--- Data in this exercise Enclosed Below ---
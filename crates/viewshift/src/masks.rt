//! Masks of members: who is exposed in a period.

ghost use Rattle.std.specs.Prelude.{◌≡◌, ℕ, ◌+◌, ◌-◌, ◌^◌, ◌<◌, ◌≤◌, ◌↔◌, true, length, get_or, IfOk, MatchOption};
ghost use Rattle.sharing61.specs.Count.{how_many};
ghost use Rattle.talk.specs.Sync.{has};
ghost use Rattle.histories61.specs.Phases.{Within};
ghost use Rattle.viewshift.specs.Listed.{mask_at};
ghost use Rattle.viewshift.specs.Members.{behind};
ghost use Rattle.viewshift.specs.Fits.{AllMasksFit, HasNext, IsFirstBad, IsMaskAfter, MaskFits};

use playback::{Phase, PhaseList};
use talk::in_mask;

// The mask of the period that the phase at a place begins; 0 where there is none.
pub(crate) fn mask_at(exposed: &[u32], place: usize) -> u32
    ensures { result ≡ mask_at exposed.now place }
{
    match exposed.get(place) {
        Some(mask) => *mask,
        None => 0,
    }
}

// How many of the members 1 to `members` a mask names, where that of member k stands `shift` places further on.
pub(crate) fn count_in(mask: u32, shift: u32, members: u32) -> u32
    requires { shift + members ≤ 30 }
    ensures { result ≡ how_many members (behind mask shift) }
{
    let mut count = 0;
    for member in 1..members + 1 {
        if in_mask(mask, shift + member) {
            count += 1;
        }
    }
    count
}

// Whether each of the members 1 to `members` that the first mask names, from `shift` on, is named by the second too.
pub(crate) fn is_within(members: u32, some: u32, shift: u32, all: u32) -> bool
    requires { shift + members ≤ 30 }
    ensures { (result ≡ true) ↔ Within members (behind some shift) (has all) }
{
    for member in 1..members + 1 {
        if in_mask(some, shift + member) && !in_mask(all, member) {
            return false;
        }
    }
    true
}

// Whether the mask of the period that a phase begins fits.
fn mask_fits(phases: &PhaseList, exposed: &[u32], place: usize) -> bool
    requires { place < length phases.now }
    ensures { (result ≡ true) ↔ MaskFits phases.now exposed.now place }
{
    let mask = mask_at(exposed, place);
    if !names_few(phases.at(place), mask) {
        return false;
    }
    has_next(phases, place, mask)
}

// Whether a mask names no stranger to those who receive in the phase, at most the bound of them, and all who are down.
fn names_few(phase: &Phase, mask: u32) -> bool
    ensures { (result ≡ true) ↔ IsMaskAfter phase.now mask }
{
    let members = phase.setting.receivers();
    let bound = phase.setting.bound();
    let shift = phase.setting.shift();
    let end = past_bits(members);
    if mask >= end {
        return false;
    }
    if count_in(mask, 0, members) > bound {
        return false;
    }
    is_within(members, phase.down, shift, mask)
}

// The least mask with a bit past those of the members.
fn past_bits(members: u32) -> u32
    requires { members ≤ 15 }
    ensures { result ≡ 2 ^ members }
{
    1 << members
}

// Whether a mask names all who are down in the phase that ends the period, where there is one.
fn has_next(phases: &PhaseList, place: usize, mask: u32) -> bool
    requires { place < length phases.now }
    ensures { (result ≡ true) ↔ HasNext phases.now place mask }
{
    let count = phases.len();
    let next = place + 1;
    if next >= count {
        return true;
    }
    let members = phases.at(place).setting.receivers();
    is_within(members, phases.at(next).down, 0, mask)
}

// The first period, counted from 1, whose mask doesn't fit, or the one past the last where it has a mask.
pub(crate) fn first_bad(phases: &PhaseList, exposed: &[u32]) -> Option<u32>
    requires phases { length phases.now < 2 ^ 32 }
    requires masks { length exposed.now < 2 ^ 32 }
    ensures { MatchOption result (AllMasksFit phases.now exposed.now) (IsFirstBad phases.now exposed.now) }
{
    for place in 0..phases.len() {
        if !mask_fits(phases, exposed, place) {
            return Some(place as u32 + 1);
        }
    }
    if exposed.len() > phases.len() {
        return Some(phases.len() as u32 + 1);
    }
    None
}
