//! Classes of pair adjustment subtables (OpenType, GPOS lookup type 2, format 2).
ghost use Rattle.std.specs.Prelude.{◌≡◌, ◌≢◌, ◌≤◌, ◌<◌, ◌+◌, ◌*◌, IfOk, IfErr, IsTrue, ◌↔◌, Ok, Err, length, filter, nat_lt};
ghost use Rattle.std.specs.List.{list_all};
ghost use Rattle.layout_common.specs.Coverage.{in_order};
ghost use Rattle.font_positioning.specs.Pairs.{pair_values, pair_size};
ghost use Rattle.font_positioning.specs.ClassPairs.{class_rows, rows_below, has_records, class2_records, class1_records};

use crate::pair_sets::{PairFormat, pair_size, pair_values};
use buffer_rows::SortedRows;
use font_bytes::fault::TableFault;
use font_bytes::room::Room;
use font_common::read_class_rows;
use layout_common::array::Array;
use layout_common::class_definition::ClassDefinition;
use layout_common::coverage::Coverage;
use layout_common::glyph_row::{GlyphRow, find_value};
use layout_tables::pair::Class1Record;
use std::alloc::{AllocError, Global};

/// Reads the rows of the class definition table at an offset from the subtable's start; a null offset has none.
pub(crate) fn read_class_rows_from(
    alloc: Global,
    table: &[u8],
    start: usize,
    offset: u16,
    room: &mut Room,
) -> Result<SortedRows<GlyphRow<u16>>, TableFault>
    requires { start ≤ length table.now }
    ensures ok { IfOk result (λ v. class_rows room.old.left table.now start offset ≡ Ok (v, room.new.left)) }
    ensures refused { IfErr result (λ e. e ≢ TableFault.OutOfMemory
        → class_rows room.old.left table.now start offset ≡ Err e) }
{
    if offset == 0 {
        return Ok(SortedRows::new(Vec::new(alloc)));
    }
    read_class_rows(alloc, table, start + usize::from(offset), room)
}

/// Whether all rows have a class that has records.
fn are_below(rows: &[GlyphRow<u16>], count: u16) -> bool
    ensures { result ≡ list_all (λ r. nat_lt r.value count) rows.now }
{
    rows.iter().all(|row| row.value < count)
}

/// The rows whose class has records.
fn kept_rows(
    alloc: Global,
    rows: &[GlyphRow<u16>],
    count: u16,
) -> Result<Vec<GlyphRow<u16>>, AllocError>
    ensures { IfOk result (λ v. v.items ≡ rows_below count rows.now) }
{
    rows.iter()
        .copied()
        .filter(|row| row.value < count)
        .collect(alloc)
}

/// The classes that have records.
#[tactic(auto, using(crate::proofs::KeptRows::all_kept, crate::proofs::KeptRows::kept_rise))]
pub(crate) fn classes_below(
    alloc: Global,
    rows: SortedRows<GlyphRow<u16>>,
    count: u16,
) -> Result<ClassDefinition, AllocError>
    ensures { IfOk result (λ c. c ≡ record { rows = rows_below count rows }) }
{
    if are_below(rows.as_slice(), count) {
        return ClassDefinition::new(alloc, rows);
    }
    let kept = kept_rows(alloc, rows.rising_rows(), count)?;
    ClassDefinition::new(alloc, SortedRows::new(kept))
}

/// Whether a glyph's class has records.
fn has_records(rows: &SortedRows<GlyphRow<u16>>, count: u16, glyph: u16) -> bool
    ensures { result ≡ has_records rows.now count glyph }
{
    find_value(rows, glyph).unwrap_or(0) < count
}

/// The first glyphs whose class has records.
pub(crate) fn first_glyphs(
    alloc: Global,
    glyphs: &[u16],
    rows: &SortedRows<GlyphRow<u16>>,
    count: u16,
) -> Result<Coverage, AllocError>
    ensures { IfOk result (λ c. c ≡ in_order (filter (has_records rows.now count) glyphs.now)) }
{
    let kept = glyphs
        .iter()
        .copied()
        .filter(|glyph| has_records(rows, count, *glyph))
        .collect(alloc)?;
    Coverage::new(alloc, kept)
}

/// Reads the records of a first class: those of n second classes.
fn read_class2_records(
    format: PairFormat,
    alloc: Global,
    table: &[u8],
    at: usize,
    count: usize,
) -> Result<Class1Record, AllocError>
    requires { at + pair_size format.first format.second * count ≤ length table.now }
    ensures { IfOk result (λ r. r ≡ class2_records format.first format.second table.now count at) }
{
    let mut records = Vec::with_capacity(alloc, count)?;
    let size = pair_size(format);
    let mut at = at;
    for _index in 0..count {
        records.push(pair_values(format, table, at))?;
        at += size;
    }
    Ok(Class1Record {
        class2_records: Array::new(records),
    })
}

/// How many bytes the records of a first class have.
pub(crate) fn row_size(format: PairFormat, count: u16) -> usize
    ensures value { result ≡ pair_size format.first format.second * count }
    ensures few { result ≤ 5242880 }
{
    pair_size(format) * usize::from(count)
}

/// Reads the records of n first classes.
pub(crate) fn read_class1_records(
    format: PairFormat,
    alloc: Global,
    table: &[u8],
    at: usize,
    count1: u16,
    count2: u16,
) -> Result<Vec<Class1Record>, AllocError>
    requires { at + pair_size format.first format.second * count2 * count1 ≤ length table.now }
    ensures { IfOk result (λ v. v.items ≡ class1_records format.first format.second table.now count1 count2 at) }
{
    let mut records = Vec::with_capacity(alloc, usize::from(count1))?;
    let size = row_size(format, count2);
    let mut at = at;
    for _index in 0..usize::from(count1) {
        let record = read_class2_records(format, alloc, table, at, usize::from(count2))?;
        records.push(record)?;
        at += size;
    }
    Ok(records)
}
--- End of Enclosed Data in this exercise ---
--- Data in this exercise Enclosed Below ---
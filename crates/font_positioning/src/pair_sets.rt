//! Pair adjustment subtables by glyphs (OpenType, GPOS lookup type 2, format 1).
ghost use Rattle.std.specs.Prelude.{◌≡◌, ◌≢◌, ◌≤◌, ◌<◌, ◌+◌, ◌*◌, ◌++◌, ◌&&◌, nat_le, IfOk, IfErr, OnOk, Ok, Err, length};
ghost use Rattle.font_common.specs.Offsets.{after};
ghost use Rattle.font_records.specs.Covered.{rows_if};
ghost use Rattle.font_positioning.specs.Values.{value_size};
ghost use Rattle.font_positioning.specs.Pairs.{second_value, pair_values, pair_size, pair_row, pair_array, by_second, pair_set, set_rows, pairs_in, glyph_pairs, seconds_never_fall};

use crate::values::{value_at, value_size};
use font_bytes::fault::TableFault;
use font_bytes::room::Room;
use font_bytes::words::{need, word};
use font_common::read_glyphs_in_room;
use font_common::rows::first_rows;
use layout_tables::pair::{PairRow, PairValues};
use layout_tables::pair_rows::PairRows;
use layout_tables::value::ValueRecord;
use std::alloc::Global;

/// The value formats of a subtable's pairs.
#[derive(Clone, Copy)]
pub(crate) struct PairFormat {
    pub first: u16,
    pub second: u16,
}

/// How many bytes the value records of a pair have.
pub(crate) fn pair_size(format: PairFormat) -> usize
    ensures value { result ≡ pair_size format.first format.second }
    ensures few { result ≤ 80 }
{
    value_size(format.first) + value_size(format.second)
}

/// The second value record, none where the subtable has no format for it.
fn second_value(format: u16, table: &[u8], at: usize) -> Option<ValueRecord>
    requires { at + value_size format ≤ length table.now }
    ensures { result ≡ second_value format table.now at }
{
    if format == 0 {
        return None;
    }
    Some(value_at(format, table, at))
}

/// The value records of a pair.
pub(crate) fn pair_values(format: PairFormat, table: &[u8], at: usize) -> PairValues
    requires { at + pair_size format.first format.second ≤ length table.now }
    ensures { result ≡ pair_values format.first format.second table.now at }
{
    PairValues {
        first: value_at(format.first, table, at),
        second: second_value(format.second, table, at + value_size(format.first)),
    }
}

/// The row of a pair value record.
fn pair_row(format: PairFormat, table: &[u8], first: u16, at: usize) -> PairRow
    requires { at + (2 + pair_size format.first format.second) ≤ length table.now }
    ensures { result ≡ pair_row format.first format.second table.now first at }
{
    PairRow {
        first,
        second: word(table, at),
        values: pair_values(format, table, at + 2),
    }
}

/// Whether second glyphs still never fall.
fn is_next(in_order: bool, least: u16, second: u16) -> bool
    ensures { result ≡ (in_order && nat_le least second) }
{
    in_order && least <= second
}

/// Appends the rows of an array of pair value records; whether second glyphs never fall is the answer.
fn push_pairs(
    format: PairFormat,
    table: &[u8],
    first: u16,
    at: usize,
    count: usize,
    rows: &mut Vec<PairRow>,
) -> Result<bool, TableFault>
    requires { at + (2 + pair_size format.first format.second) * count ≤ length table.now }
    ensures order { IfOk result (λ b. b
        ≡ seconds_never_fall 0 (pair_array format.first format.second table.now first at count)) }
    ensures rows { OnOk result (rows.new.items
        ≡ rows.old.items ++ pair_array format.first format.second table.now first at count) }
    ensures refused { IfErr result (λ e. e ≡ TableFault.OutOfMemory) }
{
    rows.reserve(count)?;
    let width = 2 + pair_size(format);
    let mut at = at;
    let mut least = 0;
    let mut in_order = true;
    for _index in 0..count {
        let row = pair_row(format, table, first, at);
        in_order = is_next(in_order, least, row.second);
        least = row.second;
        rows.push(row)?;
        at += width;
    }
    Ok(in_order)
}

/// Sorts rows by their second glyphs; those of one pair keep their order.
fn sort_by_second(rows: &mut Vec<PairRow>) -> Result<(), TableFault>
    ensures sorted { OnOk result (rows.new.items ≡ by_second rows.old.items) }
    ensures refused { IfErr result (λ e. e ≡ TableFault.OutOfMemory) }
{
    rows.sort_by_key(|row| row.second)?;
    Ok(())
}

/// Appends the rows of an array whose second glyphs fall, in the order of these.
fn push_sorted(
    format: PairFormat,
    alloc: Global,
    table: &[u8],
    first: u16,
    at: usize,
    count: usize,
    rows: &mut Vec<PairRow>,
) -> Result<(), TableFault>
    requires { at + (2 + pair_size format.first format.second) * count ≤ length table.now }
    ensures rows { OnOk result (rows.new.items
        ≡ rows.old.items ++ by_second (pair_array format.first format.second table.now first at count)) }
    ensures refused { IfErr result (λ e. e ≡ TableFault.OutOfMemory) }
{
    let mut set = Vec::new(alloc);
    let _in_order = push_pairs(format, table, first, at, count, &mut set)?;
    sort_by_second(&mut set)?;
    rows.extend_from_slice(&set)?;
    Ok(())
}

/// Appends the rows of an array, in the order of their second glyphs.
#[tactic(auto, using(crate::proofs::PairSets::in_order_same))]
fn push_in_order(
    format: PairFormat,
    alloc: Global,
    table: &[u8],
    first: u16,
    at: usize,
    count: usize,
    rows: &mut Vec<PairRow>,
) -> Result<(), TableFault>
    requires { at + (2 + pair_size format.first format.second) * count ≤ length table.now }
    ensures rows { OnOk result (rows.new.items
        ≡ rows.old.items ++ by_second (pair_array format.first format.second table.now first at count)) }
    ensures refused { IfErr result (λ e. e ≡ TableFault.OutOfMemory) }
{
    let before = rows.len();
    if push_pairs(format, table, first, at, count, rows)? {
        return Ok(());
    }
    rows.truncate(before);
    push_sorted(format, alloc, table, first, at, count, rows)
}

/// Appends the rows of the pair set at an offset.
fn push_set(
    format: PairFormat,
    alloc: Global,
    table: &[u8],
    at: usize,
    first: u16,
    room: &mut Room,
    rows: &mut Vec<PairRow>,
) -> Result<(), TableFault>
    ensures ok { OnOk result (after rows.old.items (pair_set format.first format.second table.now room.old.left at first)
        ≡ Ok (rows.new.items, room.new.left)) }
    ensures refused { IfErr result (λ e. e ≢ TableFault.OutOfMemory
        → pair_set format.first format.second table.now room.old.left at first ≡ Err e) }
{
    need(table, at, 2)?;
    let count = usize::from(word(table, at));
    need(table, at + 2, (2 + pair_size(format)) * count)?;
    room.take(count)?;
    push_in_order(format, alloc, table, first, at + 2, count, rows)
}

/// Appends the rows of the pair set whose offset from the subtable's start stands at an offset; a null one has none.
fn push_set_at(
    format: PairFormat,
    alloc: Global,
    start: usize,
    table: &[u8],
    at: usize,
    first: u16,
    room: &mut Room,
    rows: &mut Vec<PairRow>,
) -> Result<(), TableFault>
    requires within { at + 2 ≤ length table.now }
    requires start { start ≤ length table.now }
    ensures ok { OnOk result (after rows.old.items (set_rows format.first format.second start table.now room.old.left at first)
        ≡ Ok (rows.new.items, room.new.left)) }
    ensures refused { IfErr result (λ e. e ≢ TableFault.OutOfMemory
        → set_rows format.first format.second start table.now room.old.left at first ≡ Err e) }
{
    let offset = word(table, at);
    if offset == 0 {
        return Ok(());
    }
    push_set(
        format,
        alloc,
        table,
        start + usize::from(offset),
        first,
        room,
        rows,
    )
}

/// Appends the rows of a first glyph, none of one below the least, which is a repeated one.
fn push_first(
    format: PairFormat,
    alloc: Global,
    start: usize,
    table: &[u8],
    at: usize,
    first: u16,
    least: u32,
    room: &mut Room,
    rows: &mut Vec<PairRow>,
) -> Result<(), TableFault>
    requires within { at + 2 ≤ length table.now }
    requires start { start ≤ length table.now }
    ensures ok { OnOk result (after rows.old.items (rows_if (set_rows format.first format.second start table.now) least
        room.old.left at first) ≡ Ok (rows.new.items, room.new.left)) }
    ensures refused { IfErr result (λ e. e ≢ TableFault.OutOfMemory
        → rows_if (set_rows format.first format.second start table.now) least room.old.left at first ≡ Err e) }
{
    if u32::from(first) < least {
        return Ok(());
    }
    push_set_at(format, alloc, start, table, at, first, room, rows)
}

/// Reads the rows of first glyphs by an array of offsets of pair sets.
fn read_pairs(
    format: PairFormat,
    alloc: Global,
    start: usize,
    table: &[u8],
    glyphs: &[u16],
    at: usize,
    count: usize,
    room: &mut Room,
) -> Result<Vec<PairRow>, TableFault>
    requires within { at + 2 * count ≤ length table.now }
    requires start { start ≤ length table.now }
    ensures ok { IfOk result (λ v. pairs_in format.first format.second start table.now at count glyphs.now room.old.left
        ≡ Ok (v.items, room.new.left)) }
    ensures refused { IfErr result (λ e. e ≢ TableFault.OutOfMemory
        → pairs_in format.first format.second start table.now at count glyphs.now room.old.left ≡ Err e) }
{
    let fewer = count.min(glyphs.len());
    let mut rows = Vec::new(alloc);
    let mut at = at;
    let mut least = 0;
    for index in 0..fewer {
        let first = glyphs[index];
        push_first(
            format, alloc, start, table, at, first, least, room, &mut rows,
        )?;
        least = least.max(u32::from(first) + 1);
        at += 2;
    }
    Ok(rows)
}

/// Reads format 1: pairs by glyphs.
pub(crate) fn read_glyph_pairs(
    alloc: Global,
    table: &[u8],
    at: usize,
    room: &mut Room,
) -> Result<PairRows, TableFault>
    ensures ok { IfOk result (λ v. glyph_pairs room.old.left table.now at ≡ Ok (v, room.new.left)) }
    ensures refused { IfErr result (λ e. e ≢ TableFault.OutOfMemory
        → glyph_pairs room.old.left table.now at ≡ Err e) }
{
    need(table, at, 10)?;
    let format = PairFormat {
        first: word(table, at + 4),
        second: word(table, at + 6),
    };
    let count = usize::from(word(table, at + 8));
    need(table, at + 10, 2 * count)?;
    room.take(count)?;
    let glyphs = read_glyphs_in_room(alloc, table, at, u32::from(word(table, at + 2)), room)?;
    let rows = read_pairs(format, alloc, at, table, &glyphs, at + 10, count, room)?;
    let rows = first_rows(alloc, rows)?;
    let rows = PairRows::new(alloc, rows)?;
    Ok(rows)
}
--- End of Enclosed Data in this exercise ---
* [Problem to solve]:
Take each line above that holds the string "using" and copy it.

* [Exercise answer]:
#[tactic(auto, using(crate::proofs::KeptRows::all_kept, crate::proofs::KeptRows::kept_rise))]
#[tactic(auto, using(crate::proofs::PairSets::in_order_same))]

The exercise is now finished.